Exercise details → Please report how many lines in the records below contain the word "Gives", and give nothing else.

++++ Data for the task

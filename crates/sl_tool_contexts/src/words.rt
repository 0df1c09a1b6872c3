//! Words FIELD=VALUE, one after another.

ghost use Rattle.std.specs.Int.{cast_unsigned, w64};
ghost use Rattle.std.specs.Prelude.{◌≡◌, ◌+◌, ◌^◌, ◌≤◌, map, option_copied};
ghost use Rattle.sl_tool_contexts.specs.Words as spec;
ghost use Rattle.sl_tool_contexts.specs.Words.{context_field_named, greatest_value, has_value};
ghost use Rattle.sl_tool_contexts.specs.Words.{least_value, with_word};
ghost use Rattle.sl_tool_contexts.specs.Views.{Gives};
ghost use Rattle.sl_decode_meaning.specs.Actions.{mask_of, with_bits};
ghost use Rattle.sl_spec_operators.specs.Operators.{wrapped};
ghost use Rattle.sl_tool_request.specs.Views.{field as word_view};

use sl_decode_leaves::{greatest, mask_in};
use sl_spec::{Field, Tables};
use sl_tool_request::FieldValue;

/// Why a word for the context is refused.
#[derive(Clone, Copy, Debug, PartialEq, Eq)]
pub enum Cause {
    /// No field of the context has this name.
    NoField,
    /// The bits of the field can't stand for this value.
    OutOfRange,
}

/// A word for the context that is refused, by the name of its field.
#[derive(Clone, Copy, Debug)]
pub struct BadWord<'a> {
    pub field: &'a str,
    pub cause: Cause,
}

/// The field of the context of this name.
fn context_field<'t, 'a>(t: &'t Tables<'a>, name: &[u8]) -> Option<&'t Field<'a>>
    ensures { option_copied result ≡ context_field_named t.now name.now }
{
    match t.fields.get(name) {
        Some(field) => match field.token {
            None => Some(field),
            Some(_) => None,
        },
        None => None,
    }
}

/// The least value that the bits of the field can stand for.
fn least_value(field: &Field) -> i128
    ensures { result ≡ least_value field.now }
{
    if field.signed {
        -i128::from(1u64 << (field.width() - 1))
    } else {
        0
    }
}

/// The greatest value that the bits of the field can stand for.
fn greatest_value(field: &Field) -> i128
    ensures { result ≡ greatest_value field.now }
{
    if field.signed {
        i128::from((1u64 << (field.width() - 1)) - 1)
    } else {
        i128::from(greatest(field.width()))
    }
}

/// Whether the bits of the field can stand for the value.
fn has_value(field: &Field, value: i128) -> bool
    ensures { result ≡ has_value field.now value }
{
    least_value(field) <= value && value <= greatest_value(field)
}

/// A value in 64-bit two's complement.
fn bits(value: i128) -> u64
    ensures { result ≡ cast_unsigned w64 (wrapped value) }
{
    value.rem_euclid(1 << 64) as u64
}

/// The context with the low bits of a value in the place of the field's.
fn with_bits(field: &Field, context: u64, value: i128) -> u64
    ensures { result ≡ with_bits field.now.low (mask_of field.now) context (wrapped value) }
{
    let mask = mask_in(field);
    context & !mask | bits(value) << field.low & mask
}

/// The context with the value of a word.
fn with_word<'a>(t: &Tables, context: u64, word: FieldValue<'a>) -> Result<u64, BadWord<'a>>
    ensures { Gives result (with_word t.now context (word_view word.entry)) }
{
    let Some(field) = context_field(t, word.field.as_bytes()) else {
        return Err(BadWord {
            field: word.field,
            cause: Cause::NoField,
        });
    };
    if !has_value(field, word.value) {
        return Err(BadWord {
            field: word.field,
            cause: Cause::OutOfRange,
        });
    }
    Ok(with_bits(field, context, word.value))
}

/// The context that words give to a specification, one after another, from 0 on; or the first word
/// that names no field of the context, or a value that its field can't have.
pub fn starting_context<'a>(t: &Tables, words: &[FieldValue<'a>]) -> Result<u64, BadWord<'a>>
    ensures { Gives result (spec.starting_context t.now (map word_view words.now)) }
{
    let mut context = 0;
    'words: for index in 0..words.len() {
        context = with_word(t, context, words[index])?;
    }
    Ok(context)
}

++++++++

Solved problem → 3